Saved data entries »
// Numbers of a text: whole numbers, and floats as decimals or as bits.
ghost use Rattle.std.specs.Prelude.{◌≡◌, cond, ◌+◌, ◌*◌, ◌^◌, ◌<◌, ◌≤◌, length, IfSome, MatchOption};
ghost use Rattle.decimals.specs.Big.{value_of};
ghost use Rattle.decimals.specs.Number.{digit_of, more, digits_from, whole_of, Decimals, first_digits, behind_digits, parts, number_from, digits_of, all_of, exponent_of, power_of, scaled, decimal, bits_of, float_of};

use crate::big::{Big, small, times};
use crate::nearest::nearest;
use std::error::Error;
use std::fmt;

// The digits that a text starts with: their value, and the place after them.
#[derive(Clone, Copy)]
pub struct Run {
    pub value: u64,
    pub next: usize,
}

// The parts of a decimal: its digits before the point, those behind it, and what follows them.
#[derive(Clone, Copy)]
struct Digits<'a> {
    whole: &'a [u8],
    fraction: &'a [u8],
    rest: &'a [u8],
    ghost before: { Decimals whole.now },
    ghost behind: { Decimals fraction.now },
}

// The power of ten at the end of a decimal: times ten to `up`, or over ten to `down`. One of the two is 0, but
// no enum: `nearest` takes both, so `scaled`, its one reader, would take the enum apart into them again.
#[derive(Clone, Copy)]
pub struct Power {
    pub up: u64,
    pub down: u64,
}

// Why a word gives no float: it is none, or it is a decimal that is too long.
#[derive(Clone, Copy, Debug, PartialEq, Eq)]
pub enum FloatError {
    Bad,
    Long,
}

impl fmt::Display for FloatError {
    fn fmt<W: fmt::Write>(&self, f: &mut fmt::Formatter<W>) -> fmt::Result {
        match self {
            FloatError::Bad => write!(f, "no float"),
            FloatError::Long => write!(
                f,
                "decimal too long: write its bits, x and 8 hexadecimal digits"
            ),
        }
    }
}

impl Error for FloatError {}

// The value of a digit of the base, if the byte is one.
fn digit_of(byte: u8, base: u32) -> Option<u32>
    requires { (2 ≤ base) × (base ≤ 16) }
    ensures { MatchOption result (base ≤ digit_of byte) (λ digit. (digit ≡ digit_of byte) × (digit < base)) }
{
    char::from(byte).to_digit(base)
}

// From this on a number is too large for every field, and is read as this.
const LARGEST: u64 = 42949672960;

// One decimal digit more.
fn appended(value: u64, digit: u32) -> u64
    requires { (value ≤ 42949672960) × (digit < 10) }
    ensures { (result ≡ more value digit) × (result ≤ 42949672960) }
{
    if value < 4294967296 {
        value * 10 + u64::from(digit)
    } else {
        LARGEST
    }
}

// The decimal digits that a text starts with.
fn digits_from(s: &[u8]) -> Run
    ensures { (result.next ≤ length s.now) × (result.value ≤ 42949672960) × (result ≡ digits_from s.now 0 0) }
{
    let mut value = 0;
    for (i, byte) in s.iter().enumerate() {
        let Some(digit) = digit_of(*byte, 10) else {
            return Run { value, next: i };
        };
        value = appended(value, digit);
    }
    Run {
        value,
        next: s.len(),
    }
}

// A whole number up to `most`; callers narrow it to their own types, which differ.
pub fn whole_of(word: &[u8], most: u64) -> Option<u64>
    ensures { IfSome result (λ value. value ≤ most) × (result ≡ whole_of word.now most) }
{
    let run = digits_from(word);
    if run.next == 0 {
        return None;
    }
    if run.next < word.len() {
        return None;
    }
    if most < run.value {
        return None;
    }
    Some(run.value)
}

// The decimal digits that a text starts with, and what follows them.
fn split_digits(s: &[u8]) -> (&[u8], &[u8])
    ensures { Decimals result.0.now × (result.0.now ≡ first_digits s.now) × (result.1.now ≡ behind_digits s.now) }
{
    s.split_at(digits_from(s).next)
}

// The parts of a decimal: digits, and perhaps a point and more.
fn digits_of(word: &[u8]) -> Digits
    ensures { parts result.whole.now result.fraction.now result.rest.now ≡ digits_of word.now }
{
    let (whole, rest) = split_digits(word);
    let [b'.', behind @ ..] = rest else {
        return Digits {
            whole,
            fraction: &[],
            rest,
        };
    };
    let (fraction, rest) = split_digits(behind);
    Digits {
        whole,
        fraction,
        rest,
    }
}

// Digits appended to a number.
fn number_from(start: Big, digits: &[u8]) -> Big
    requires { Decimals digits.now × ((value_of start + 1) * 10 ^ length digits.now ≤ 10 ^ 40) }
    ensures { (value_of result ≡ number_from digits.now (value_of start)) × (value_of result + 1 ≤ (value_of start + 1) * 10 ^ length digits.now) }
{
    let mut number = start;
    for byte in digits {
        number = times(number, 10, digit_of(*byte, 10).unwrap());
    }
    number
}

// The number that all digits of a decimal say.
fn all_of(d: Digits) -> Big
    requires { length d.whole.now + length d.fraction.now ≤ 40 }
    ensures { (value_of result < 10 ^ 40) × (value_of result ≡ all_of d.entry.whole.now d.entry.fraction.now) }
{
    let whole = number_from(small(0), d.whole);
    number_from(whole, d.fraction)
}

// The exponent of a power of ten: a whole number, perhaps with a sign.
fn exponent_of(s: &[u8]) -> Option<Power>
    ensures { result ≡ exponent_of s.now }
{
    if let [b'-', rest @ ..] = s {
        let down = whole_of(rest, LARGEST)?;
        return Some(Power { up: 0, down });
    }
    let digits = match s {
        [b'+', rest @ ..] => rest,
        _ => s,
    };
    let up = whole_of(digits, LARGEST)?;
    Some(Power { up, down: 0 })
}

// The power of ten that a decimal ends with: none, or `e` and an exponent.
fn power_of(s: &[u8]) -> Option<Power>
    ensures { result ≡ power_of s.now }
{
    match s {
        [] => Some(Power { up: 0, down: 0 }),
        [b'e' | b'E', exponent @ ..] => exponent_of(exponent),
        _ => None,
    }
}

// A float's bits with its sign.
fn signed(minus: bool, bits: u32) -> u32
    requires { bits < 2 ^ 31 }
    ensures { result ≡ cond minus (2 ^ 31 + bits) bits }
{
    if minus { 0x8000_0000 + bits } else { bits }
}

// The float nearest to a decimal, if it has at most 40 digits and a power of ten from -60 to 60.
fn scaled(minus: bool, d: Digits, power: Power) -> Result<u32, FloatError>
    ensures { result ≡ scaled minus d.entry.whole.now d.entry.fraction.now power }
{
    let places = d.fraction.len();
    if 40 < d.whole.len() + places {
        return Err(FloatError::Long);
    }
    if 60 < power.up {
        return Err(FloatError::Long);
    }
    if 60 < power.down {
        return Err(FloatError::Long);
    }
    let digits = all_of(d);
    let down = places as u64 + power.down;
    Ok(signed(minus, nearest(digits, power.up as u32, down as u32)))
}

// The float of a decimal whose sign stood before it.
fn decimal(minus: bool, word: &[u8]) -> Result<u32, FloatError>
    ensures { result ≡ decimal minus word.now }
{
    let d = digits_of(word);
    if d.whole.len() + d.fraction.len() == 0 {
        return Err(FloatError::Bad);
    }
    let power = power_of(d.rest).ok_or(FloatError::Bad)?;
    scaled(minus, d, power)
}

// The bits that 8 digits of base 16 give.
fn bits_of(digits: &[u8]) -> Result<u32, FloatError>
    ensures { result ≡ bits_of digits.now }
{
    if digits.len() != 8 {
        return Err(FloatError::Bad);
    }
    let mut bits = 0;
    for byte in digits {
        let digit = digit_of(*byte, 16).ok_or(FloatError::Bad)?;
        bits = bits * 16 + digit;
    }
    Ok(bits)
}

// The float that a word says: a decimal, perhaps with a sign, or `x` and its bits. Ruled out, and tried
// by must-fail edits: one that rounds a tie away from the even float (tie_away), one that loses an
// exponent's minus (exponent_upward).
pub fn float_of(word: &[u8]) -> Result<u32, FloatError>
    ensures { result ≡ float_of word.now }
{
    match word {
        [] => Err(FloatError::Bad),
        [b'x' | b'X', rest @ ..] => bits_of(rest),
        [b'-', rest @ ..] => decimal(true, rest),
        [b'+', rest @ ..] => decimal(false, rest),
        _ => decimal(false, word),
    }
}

What to produce » Retype exactly the lines of the data above that fall between the line with "#[derive(Clone, Copy, Debug, PartialEq, Eq)]" and the line with "let Some(digit) = digit_of(*byte, 10)", inclusive, and add nothing.

Task output »
#[derive(Clone, Copy, Debug, PartialEq, Eq)]
pub enum FloatError {
    Bad,
    Long,
}

impl fmt::Display for FloatError {
    fn fmt<W: fmt::Write>(&self, f: &mut fmt::Formatter<W>) -> fmt::Result {
        match self {
            FloatError::Bad => write!(f, "no float"),
            FloatError::Long => write!(
                f,
                "decimal too long: write its bits, x and 8 hexadecimal digits"
            ),
        }
    }
}

impl Error for FloatError {}

// The value of a digit of the base, if the byte is one.
fn digit_of(byte: u8, base: u32) -> Option<u32>
    requires { (2 ≤ base) × (base ≤ 16) }
    ensures { MatchOption result (base ≤ digit_of byte) (λ digit. (digit ≡ digit_of byte) × (digit < base)) }
{
    char::from(byte).to_digit(base)
}

// From this on a number is too large for every field, and is read as this.
const LARGEST: u64 = 42949672960;

// One decimal digit more.
fn appended(value: u64, digit: u32) -> u64
    requires { (value ≤ 42949672960) × (digit < 10) }
    ensures { (result ≡ more value digit) × (result ≤ 42949672960) }
{
    if value < 4294967296 {
        value * 10 + u64::from(digit)
    } else {
        LARGEST
    }
}

// The decimal digits that a text starts with.
fn digits_from(s: &[u8]) -> Run
    ensures { (result.next ≤ length s.now) × (result.value ≤ 42949672960) × (result ≡ digits_from s.now 0 0) }
{
    let mut value = 0;
    for (i, byte) in s.iter().enumerate() {
        let Some(digit) = digit_of(*byte, 10) else {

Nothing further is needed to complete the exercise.